Dataset entries
··········

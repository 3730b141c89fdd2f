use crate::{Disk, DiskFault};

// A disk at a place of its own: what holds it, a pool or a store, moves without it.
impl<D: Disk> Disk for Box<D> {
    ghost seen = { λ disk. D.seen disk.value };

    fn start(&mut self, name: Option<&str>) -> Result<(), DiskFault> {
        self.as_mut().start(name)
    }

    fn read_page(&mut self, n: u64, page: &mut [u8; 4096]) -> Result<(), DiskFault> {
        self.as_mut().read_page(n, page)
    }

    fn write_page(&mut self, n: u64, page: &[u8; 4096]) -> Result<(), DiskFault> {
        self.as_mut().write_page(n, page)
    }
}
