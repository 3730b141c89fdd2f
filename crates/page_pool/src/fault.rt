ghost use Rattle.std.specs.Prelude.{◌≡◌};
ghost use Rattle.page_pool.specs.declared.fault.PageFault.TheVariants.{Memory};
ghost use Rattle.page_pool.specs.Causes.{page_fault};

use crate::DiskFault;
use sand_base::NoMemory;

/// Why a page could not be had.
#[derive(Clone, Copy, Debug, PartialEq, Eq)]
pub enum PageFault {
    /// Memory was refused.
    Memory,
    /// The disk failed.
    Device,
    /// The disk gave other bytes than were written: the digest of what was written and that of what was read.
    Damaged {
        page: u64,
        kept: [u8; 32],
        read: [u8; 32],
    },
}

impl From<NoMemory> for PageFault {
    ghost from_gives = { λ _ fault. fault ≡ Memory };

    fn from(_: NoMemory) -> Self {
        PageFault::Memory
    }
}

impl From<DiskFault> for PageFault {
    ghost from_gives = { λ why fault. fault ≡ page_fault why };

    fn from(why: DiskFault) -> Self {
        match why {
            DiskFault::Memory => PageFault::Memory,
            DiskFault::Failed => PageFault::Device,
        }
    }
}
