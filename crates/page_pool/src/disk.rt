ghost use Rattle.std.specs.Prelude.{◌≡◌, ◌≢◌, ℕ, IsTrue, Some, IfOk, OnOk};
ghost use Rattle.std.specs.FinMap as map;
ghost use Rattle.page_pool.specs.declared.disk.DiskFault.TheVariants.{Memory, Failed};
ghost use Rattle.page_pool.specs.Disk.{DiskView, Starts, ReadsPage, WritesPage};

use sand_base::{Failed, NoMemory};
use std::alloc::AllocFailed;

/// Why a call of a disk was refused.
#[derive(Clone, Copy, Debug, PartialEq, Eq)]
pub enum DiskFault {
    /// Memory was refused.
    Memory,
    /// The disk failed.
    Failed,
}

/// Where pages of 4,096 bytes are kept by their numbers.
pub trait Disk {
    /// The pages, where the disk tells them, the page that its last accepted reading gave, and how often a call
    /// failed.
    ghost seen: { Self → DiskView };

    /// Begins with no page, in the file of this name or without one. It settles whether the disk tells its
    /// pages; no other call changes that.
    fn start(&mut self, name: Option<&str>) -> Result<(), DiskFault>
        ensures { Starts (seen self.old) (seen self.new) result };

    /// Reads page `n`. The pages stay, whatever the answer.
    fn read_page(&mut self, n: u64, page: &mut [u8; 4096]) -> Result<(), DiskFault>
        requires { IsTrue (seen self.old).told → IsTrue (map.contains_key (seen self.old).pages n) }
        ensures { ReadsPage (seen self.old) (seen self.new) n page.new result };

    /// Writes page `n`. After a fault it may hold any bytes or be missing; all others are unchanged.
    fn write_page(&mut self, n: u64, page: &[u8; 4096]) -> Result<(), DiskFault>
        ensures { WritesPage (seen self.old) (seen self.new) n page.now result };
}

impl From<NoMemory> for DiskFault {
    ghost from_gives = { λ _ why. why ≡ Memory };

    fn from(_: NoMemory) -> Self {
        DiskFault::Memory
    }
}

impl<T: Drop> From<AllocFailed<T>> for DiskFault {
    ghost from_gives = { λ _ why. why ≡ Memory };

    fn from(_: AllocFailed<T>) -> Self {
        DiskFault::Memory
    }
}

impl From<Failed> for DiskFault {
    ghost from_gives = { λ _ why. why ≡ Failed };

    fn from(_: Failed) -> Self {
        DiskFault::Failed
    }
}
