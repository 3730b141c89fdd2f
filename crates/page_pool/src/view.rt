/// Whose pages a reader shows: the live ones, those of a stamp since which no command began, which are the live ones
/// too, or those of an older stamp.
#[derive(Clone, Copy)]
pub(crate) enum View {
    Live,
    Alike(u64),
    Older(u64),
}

··········

Show all lines above holding "declared".

[Answer to the exercise]
ghost use Rattle.page_pool.specs.declared.fault.PageFault.TheVariants.{Memory};
ghost use Rattle.page_pool.specs.declared.disk.DiskFault.TheVariants.{Memory, Failed};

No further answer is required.